Republicans once argued that meritocracy was incompatible with the monarchy: the huge changes of the last few decades, the Big Bang in the city, the drastic progress made by the working class in the 1980s and minorities in the 2010s, showed that this was not true. Anyone in Britain today can be a prime minister or a billionaire.

Crucially, the central role of the monarchy in British life softens our politics and society. This drastically reduces the threat of extremism, violence or ideological overload, a quality that the rest of the world values ​​highly for Britain.

A monarchy, with its titles, palaces, carriages and servants, is clearly incompatible with communism, although it may coexist with quite radical left-wing governments. The royal family is inherently internationalist, as is the British community: autarky or total isolationism would be psychologically difficult. When servicemen enlist in the armed forces, they take an oath of allegiance not to the prime minister but to the queen: the threat of a coup organized by some hot demagogue is vanishingly small.

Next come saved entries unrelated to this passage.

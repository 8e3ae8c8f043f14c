//! The words that the help says, read; nothing is computed.

ghost use Rattle.vd_cmd.specs.HelpRead.{HelpIsRead};

/// The words of each command of the help but those with a number are read as that command, with each name in its place.
pub fn help_is_read()
    ensures { HelpIsRead }
{}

The queen’s role as head of the Anglican Church – and the possibility of one day extending the role of the monarch to that of a defender of all religions – also opposes mandatory official secularism. The Queen’s heartfelt Christianity, moral language and leadership helped break down barriers between religions, made it easier for minority worshipers to feel fully British, and in a way that puzzled legalistic French and American observers, helped consolidate religiousism in Britain. Over time, we hope that this will help appease both Islamism and far-right sentiment and build a more tolerant and integrated society in times of mass immigration.

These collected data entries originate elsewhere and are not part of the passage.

/// The command that six words are.
fn six_words(
    alloc: Global,
    word: &Text,
    source: &Text,
    inputs: &Text,
    prefix: &Text,
    fourth: &Text,
    last: &Text,
) -> Result<Command, CommandFault>
    ensures { Reads (fixed_form_of (word.now ∷ source.now ∷ inputs.now ∷ prefix.now ∷ fourth.now ∷ last.now ∷ [])) result }
{
    if word.as_str() == "replay" {
        replay_with(alloc, source, inputs, prefix, fourth, last)
    } else if word.as_str() == "run" {
        let port = number_within(u64::from(FIRST_PORT), u64::from(LAST_PORT), last);
        run_of(alloc, source, inputs, prefix, fourth, port)
    } else {
        Err(CommandFault::Usage)
    }
}

/// The command that seven words are.
fn seven_words(
    alloc: Global,
    word: &Text,
    source: &Text,
    inputs: &Text,
    prefix: &Text,
    schedule: &Text,
    messages: &Text,
    budget: &Text,
) -> Result<Command, CommandFault>
    ensures { Reads (fixed_form_of
        (word.now ∷ source.now ∷ inputs.now ∷ prefix.now ∷ schedule.now ∷ messages.now ∷ budget.now ∷ [])) result }
{
    if word.as_str() == "replay" && messages.as_str() == "messages" {
        let budget = number_within(1, u64::from(SEARCH_BUDGET), budget);
        replay_of(alloc, source, inputs, prefix, schedule, true, budget)
    } else {
        Err(CommandFault::Usage)
    }
}

/// The command that eight words are.
fn eight_words(
    alloc: Global,
    word: &Text,
    hosts: &Text,
    own: &Text,
    muls: &Text,
    ands: &Text,
    pairs: &Text,
    key: &Text,
    prefix: &Text,
) -> Result<Command, CommandFault>
    ensures { Reads (fixed_form_of
        (word.now ∷ hosts.now ∷ own.now ∷ muls.now ∷ ands.now ∷ pairs.now ∷ key.now ∷ prefix.now ∷ [])) result }
{
    if word.as_str() == "deal" {
        read_deal(alloc, hosts, own, muls, ands, pairs, key, prefix)
    } else {
        Err(CommandFault::Usage)
    }
}

/// The command that words are, of those with a fixed number of words.
fn read_fixed(alloc: Global, words: &[Text]) -> Result<Command, CommandFault>
    ensures { Reads (fixed_form_of words.now) result }
{
    match words {
        [word, argument] => two_words(alloc, word, argument),
        [word, source, other] => three_words(alloc, word, source, other),
        [word, first, second, third] => four_words(alloc, word, first, second, third),
        [word, source, inputs, prefix, schedule] => {
            five_words(alloc, word, source, inputs, prefix, schedule)
        }
        [word, source, inputs, prefix, fourth, last] => {
            six_words(alloc, word, source, inputs, prefix, fourth, last)
        }
        [word, source, inputs, prefix, schedule, messages, budget] => {
            seven_words(
                alloc, word, source, inputs, prefix, schedule, messages, budget,
            )
        }
        [word, hosts, own, muls, ands, pairs, key, prefix] => {
            eight_words(alloc, word, hosts, own, muls, ands, pairs, key, prefix)
        }
        _ => Err(CommandFault::Usage),
    }
}

/// The command `column` of a host, which is a name, a file, and one name of a column or more.
fn column_with(
    alloc: Global,
    host: &Text,
    file: &Text,
    columns: &[Text],
) -> Result<Command, CommandFault>
    ensures { Reads (column_with host.now file.now columns.now) result }
{
    if is_name(host.as_str().as_bytes()) && !columns.is_empty() {
        column_of(alloc, host, file, columns)
    } else {
        Err(CommandFault::Usage)
    }
}

/// The command `column` with these words behind it.
fn read_column(alloc: Global, words: &[Text]) -> Result<Command, CommandFault>
    ensures { Reads (column_form_of words.now) result }
{
    match words {
        [host, file, columns @ ..] => column_with(alloc, host, file, columns),
        _ => Err(CommandFault::Usage),
    }
}

/// The command of words that are not those of `excuse`, and run no host by themselves.
fn read_listed(alloc: Global, words: &[Text]) -> Result<Command, CommandFault>
    ensures { Reads (listed_form_of words.now) result }
{
    match words {
        [word, rest @ ..] if word.as_str() == "column" => read_column(alloc, rest),
        words => read_fixed(alloc, words),
    }
}

/// The command of words that run no host by themselves.
fn read_unhosted(alloc: Global, words: &[Text]) -> Result<Command, CommandFault>
    ensures { Reads (unhosted_form_of words.now) result }
{
    match words {
        [word, rest @ ..] if word.as_str() == "excuse" => read_excuse(alloc, rest),
        words => read_listed(alloc, words),
    }
}

/// The command of words that do not run a host without a limit.
fn read_other(alloc: Global, words: &[Text]) -> Result<Command, CommandFault>
    ensures { Reads (other_form_of words.now) result }
{
    match words {
        [word, rest @ ..] if word.as_str() == "host-within" => read_host_within(alloc, rest),
        words => read_unhosted(alloc, words),
    }
}

/// The command that the words of a command line are.
pub fn read_words(alloc: Global, words: &Texts) -> Result<Command, CommandFault>
    ensures { Reads (form_of words.now) result }
{
    match words.as_slice() {
        [word, rest @ ..] if word.as_str() == "host" => read_host(alloc, None, rest),
        words => read_other(alloc, words),
    }
}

The time horizons of monarchies are extremely long, a useful counterpoint to the social media age, where attention spans, where senior roles change too quickly in the public and private sectors, where ministers come and go every year, and where wisdom and experience are underestimated. . Western societies also tend to downplay the importance of the family: nepotism is rightly taboo in educational institutions, large companies and the public sector. But in the personal sphere, in the real world, family and blood ties are important and often more than anything else. The royal family reminds us of the continuity between generations, even when there are tensions, disagreements and scandals. When millions struggle with atomism, demographic implosion, loneliness, and the search for meaning, anything that balances our perceptions of the good life is certainly welcome.

Yet the greatest danger to our societies today is disintegration from within, the idea that our countries are inherently evil, racist and white, that freedom of speech, the rule of law and democracy are a cover for “micro-aggression” and “Violence”, that gender and ethnicity must oppose each other and that anyone who disagrees must be “abolished” and destroyed.

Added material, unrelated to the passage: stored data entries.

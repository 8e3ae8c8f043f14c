//! The commands that a command line may be.

ghost use Rattle.std.specs.Prelude.{◌≡◌};
ghost use Rattle.vd_cmd.specs.declared.command.CommandFault.TheVariants.{Memory};

use std::alloc::AllocError;
use std::error::Error;
use std::fmt;
use vd_base::{Text, Texts};
use vd_tape::Counts;

/// The words of `replay SOURCE INPUTS PREFIX SCHEDULE [messages] [BUDGET]`.
#[derive(Drop)]
pub struct ReplayWords {
    pub source: Text,
    pub inputs: Text,
    pub prefix: Text,
    pub schedule: Text,
    /// Whether the words that were sent are told too.
    pub messages: bool,
    /// How many prefixes the search may open.
    pub budget: u32,
}

/// What is printed of what the programs of a source's hosts need.
#[derive(Clone, Copy)]
pub enum NeedsKind {
    /// The first words of `deal`.
    Sizes,
    /// How many inputs and items each host and each two hosts take.
    Each,
    /// What a run costs: how much each host tells each other one.
    Rounds,
}

/// The words of `needs FILE [each] [BUDGET]` and of `rounds FILE [BUDGET]`.
#[derive(Drop)]
pub struct NeedsWords {
    /// A source, or the program of a host.
    pub file: Text,
    /// What is printed.
    pub kind: NeedsKind,
    /// How many prefixes the search may open.
    pub budget: u32,
}

/// The words of `reveals SOURCE [HOST] [BUDGET]`.
#[derive(Drop)]
pub struct RevealsWords {
    pub source: Text,
    /// The name of the host whose lines are printed, where one is given; else those of all hosts are.
    pub host: Option<Text>,
    /// How many prefixes the search may open.
    pub budget: u32,
}

/// The words of `compile SOURCE PREFIX early [BUDGET]`.
#[derive(Drop)]
pub struct EarlyWords {
    pub source: Text,
    pub prefix: Text,
    /// How many prefixes the search may open.
    pub budget: u32,
}

/// The words of `host PROGRAM INPUTS DEAL ADDR*`: three files, and the addresses of the host's pairs in the order of its
/// peers. Those of `host-within SECONDS PROGRAM INPUTS DEAL ADDR*` have a limit besides.
#[derive(Drop)]
pub struct HostWords {
    pub program: Text,
    pub inputs: Text,
    pub deal: Text,
    pub addresses: Texts,
    /// No wait for another host is longer than so many seconds, where there is a limit.
    pub limit: Option<u32>,
}

/// The words of `check PROGRAM INPUTS DEAL`: the three files of a host.
#[derive(Drop)]
pub struct CheckWords {
    pub program: Text,
    pub inputs: Text,
    pub deal: Text,
}

/// The words of `run SOURCE INPUTS PREFIX SELF PORT`.
#[derive(Drop)]
pub struct RunWords {
    pub source: Text,
    pub inputs: Text,
    pub prefix: Text,
    /// The program that plays each host.
    pub program: Text,
    /// The hosts meet at ports from this one on.
    pub port: u32,
}

/// Where a key of 32 bytes comes from.
#[derive(Drop)]
pub enum KeySource {
    /// `draw`: it is drawn, and kept nowhere.
    Drawn,
    /// `@FILE`: it is what this file holds.
    InFile(Text),
}

/// The words of `deal HOSTS OWN MULS ANDS PAIRS draw PREFIX` and `deal HOSTS OWN MULS ANDS PAIRS @FILE PREFIX`.
#[derive(Drop)]
pub struct KeyDealWords {
    pub counts: Counts,
    pub key: KeySource,
    pub prefix: Text,
}

/// The words of `excuse SOURCE INPUTS INPUTS2 PREFIX HOST OUT [BUDGET]`.
#[derive(Drop)]
pub struct ExcuseWords {
    pub source: Text,
    /// The inputs of the run that was seen.
    pub inputs: Text,
    /// The inputs that are to explain it.
    pub second: Text,
    pub prefix: Text,
    /// The name of the host that has seen the run.
    pub host: Text,
    /// The prefix of the files that are stored.
    pub out: Text,
    pub budget: u32,
}

/// The words of `column HOST FILE NAME[*FACTOR] ..`.
#[derive(Drop)]
pub struct ColumnWords {
    /// The name of the host whose section is printed.
    pub host: Text,
    /// The table.
    pub file: Text,
    /// The columns in the order in which their words are printed: the name of each, and a factor if it has one.
    pub columns: Texts,
}

/// The words of `report SOURCE HOST FILE [json]`.
#[derive(Drop)]
pub struct ReportWords {
    pub source: Text,
    /// The name of the host that has printed.
    pub host: Text,
    /// What it has printed, or the report of a replay.
    pub file: Text,
    /// Whether one JSON object is printed, and else a line for each word.
    pub json: bool,
}

/// A command that uses files and the output alone: it reads files, and its answer is what it stores and prints.
#[derive(Drop)]
pub enum FilesCommand {
    /// `clear SOURCE INPUTS`.
    Clear(Text, Text),
    /// `labels SOURCE`.
    Labels(Text),
    /// `choose SOURCE [BUDGET]`.
    Choose(Text, u32),
    /// `draw SOURCE [BUDGET]`.
    Draw(Text, u32),
    /// `reveals SOURCE [HOST] [BUDGET]`.
    Reveals(RevealsWords),
    /// `certify SOURCE CERT`.
    Certify(Text, Text),
    /// `compile SOURCE PREFIX [BUDGET]`.
    Compile(Text, Text, u32),
    /// `needs FILE [each] [BUDGET]`, or `rounds FILE [BUDGET]`.
    Needs(NeedsWords),
    /// `deal HOSTS OWN MULS ANDS PAIRS KEY PREFIX`.
    Deal(Counts, u64, Text),
    /// `replay SOURCE INPUTS PREFIX SCHEDULE [messages] [BUDGET]`.
    Replay(ReplayWords),
    /// `excuse SOURCE INPUTS INPUTS2 PREFIX HOST OUT [BUDGET]`.
    Excuse(ExcuseWords),
    /// `depends SOURCE HOSTS`: the names of these hosts.
    Depends(Text, Texts),
    /// `influences SOURCE HOST`.
    Influences(Text, Text),
    /// `column HOST FILE NAME[*FACTOR] ..`.
    Column(ColumnWords),
    /// `report SOURCE HOST FILE [json]`.
    Report(ReportWords),
    /// `gen N`.
    Gen(u32),
    /// `trial N`.
    Trial(u32),
}

/// A command line that has a form.
#[derive(Drop)]
pub enum Command {
    OnFiles(FilesCommand),
    /// `deal HOSTS OWN MULS ANDS PAIRS draw PREFIX`, or with `@FILE` in place of `draw`.
    KeyDeal(KeyDealWords),
    /// `compile SOURCE PREFIX early [BUDGET]`.
    Early(EarlyWords),
    /// `host PROGRAM INPUTS DEAL ADDR*`, or `host-within SECONDS PROGRAM INPUTS DEAL ADDR*`.
    Host(HostWords),
    /// `check PROGRAM INPUTS DEAL`.
    Check(CheckWords),
    /// `run SOURCE INPUTS PREFIX SELF PORT`.
    Run(RunWords),
}

/// Why words give no command.
#[derive(Clone, Copy, Debug, PartialEq, Eq)]
pub enum CommandFault {
    /// They have no form.
    Usage,
    /// There was no memory left.
    Memory,
}

impl fmt::Display for CommandFault {
    fn fmt<W: fmt::Write>(&self, f: &mut fmt::Formatter<W>) -> fmt::Result {
        match self {
            CommandFault::Usage => write!(f, "the words have no form"),
            CommandFault::Memory => write!(f, "out of memory"),
        }
    }
}

impl Error for CommandFault {}

impl From<AllocError> for CommandFault {
    ghost from_gives = { λ _ fault. fault ≡ Memory };

    fn from(_: AllocError) -> Self {
        CommandFault::Memory
    }
}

Here again, I hope that in time Britain will be better off preventing much of this awakened revolution. The monarchy has become a unifying focal point around which any group can unite without degenerating into a politics of identity: everyone can be proud. It is an institution that reminds us of our unique history, of the expansion of rights, individual and political freedoms and the enormous economic opportunities that characterize British history. No honest reading of the last 1000 years can say that we are uniquely bad – despite all our shortcomings, all our mistakes, we have long been a beacon among nations, improving and evolving before others and dealing more quickly with injustice.

The Queen’s government and her deeds expose the aroused criticism as absurdly wrong and stupid. Ephraim Mirvis, the chief rabbi, captured perfectly the remarkable qualities and devotion of Her Majesty in her special jubilee prayer: “Her crown is honor and majesty; her scepter, law and morality. Her concern was for prosperity, freedom and unity, and in the lands of her dominion she maintained justice and freedom for all races, languages ​​and religions. ”

The monarchy, and the queen in particular, has given us a built-in advantage in the fight against the destabilizing forces that are beating Western democracies. For this, as well as for everything else that Her Majesty has given us during her 70 extraordinary years on the throne, we should be eternally grateful.